[Dataset items]

---------------

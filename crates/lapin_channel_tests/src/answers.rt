//! Typed answers of tickets, a free channel number and names.

use crate::driver::{heard, sent};
use lapin_loop::{
    Typed, answer_of, free_channel, has_frames, poll_channel, poll_consumer, poll_count, poll_done,
    poll_flow, poll_got, poll_queue,
};
use lapin_session::{Channel, Consumer, Session, Ticket};
use lapin_types::{
    Answer, BasicConsumeOptions, BasicGetMessage, BasicGetOptions, ChannelFlowOptions,
    ConfirmSelectOptions, Error, FieldTable, Queue, QueueDeclareOptions, QueuePurgeOptions,
    ShortString,
};
use std::alloc::Global;
use std::process::Abort;
use std::test::Fail;

// What a ticket tells, in a word.
fn word<T: Drop>(typed: Typed<T>) -> &'static str {
    let word = match &typed {
        Typed::Pending => "pending",
        Typed::Ready(_) => "ready",
        Typed::Other(_) => "other",
    };
    drop(typed);
    word
}

// The number that it tells, if it is ready.
fn number(typed: Typed<u32>) -> Option<u32> {
    let number = match &typed {
        Typed::Ready(number) => Some(*number),
        _ => None,
    };
    drop(typed);
    number
}

fn mark(typed: Typed<bool>) -> Option<bool> {
    let mark = match &typed {
        Typed::Ready(mark) => Some(*mark),
        _ => None,
    };
    drop(typed);
    mark
}

fn channel(typed: Typed<u16>) -> Option<u16> {
    let channel = match &typed {
        Typed::Ready(channel) => Some(*channel),
        _ => None,
    };
    drop(typed);
    channel
}

fn messages(typed: Typed<Queue>) -> Option<u32> {
    let count = match &typed {
        Typed::Ready(queue) => Some(queue.message_count()),
        _ => None,
    };
    drop(typed);
    count
}

fn consumer(typed: Typed<Consumer>) -> Option<u64> {
    let number = match &typed {
        Typed::Ready(consumer) => Some(consumer.number),
        _ => None,
    };
    drop(typed);
    number
}

fn refusal(answer: Result<Option<Answer>, Error>) -> Option<Error> {
    match answer {
        Ok(answer) => {
            drop(answer);
            None
        }
        Err(error) => Some(error),
    }
}

// Whether it tells that a get found no message.
fn is_empty(typed: Typed<Option<BasicGetMessage>>) -> bool {
    let empty = matches!(&typed, Typed::Ready(None));
    drop(typed);
    empty
}

fn opened(alloc: Global, session: &mut Session) -> Result<Channel, Error> {
    let ticket = session.open_channel(alloc, 1)?;
    sent(alloc, session)?;
    heard(alloc, session, "method 1 channel.open-ok")?;
    match channel(poll_channel(&ticket, session)?) {
        Some(id) => Ok(Channel { id }),
        None => Err(Error::UnknownTicket),
    }
}

// The tickets of calls, each of which has an answer of its own kind.
#[derive(Clone, Copy)]
struct Asked {
    select: u64,
    declare: u64,
    purge: u64,
    flow: u64,
    get: u64,
    consume: u64,
}

fn declared(alloc: Global, session: &mut Session, channel: &Channel) -> Result<u64, Error> {
    let name = ShortString::literal(alloc, "q")?;
    let options = QueueDeclareOptions::default();
    let ticket = channel.queue_declare(alloc, session, name, options, FieldTable::new(alloc))?;
    Ok(ticket.number)
}

fn purged(alloc: Global, session: &mut Session, channel: &Channel) -> Result<u64, Error> {
    let name = ShortString::literal(alloc, "q")?;
    let ticket = channel.queue_purge(alloc, session, name, QueuePurgeOptions::default())?;
    Ok(ticket.number)
}

fn got(alloc: Global, session: &mut Session, channel: &Channel) -> Result<u64, Error> {
    let name = ShortString::literal(alloc, "q")?;
    let ticket = channel.basic_get(alloc, session, name, BasicGetOptions::default())?;
    Ok(ticket.number)
}

fn consumed(alloc: Global, session: &mut Session, channel: &Channel) -> Result<u64, Error> {
    let name = ShortString::literal(alloc, "q")?;
    let tag = ShortString::empty(alloc)?;
    let options = BasicConsumeOptions::default();
    let arguments = FieldTable::new(alloc);
    let ticket = channel.basic_consume(alloc, session, name, tag, options, arguments)?;
    Ok(ticket.number)
}

fn ask_all(alloc: Global, session: &mut Session, channel: &Channel) -> Result<Asked, Error> {
    let select = channel
        .confirm_select(alloc, session, ConfirmSelectOptions::default())?
        .number;
    let declare = declared(alloc, session, channel)?;
    let purge = purged(alloc, session, channel)?;
    let flow = channel
        .channel_flow(alloc, session, ChannelFlowOptions { active: true })?
        .number;
    let get = got(alloc, session, channel)?;
    let consume = consumed(alloc, session, channel)?;
    Ok(Asked {
        select,
        declare,
        purge,
        flow,
        get,
        consume,
    })
}

// The answers of the broker.
fn answered(alloc: Global, session: &mut Session) -> Result<(), Error> {
    sent(alloc, session)?;
    heard(alloc, session, "method 1 confirm.select-ok")?;
    heard(alloc, session, "method 1 queue.declare-ok x71 5 2")?;
    heard(alloc, session, "method 1 queue.purge-ok 3")?;
    heard(alloc, session, "method 1 channel.flow-ok 1")?;
    heard(alloc, session, "method 1 basic.get-empty")?;
    heard(alloc, session, "method 1 basic.consume-ok x74")
}

// What the ticket of a call without a value tells, in a word.
fn done(session: &mut Session, number: u64) -> Result<&'static str, Error> {
    Ok(word(poll_done(&Ticket { number }, session)?))
}

fn tell_their_kind<R: Abort>(rt: &R, session: &mut Session, asked: &Asked) -> Result<(), Error> {
    assert!(rt; done(session, asked.select)? == "ready");
    let declare = Ticket {
        number: asked.declare,
    };
    assert!(rt; messages(poll_queue(&declare, session)?) == Some(5));
    let purge = Ticket {
        number: asked.purge,
    };
    assert!(rt; number(poll_count(&purge, session)?) == Some(3));
    let flow = Ticket { number: asked.flow };
    assert!(rt; mark(poll_flow(&flow, session)?) == Some(true));
    let get = Ticket { number: asked.get };
    assert!(rt; is_empty(poll_got(&get, session)?));
    let consume = Ticket {
        number: asked.consume,
    };
    assert!(rt; consumer(poll_consumer(&consume, session)?) == Some(1));
    assert!(rt; refusal(answer_of(&consume, session)) == Some(Error::AlreadyTaken));
    Ok(())
}

fn answers_by_kind<R: Abort>(rt: &R, alloc: Global, session: &mut Session) -> Result<(), Error> {
    let channel = opened(alloc, session)?;
    let asked = ask_all(alloc, session, &channel)?;
    assert!(rt; done(session, asked.select)? == "pending");
    answered(alloc, session)?;
    tell_their_kind(rt, session, &asked)
}

#[test]
fn each_answer_by_its_kind(rt: HostRuntime) -> Result<(), Fail> {
    let mut session = Session::new(rt.alloc(), 4096)?;
    let done = answers_by_kind(&rt, rt.alloc(), &mut session);
    drop(session);
    Ok(done?)
}

// An answer of another kind is given all the same.
#[test]
fn another_answer_is_not_lost(rt: HostRuntime) -> Result<(), Fail> {
    let alloc = rt.alloc();
    let mut session = Session::new(alloc, 4096)?;
    let channel = opened(alloc, &mut session)?;
    let options = ConfirmSelectOptions { nowait: true };
    let select = channel.confirm_select(alloc, &mut session, options)?;
    assert_eq!(rt; word(poll_count(&select, &mut session)?), "other");
    Ok(())
}

#[test]
fn the_lowest_closed_channel_is_free(rt: HostRuntime) -> Result<(), Fail> {
    let alloc = rt.alloc();
    let mut session = Session::new(alloc, 4096)?;
    assert_eq!(rt; free_channel(&session, 2), Some(1));
    assert!(rt; !has_frames(&session));
    session.open_channel(alloc, 1)?;
    assert!(rt; has_frames(&session));
    assert_eq!(rt; free_channel(&session, 2), Some(2));
    session.open_channel(alloc, 2)?;
    assert_eq!(rt; free_channel(&session, 2), None);
    assert_eq!(rt; free_channel(&session, 65535), Some(3));
    Ok(())
}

---------------

- Task prompt
Retype the portion of the data above that starts on the line with "assert!(rt; refusal(answer_of(&consume, session))" and finishes on the line with "assert!(rt; !has_frames(&session));", including both of those lines.

- Reply
    assert!(rt; refusal(answer_of(&consume, session)) == Some(Error::AlreadyTaken));
    Ok(())
}

fn answers_by_kind<R: Abort>(rt: &R, alloc: Global, session: &mut Session) -> Result<(), Error> {
    let channel = opened(alloc, session)?;
    let asked = ask_all(alloc, session, &channel)?;
    assert!(rt; done(session, asked.select)? == "pending");
    answered(alloc, session)?;
    tell_their_kind(rt, session, &asked)
}

#[test]
fn each_answer_by_its_kind(rt: HostRuntime) -> Result<(), Fail> {
    let mut session = Session::new(rt.alloc(), 4096)?;
    let done = answers_by_kind(&rt, rt.alloc(), &mut session);
    drop(session);
    Ok(done?)
}

// An answer of another kind is given all the same.
#[test]
fn another_answer_is_not_lost(rt: HostRuntime) -> Result<(), Fail> {
    let alloc = rt.alloc();
    let mut session = Session::new(alloc, 4096)?;
    let channel = opened(alloc, &mut session)?;
    let options = ConfirmSelectOptions { nowait: true };
    let select = channel.confirm_select(alloc, &mut session, options)?;
    assert_eq!(rt; word(poll_count(&select, &mut session)?), "other");
    Ok(())
}

#[test]
fn the_lowest_closed_channel_is_free(rt: HostRuntime) -> Result<(), Fail> {
    let alloc = rt.alloc();
    let mut session = Session::new(alloc, 4096)?;
    assert_eq!(rt; free_channel(&session, 2), Some(1));
    assert!(rt; !has_frames(&session));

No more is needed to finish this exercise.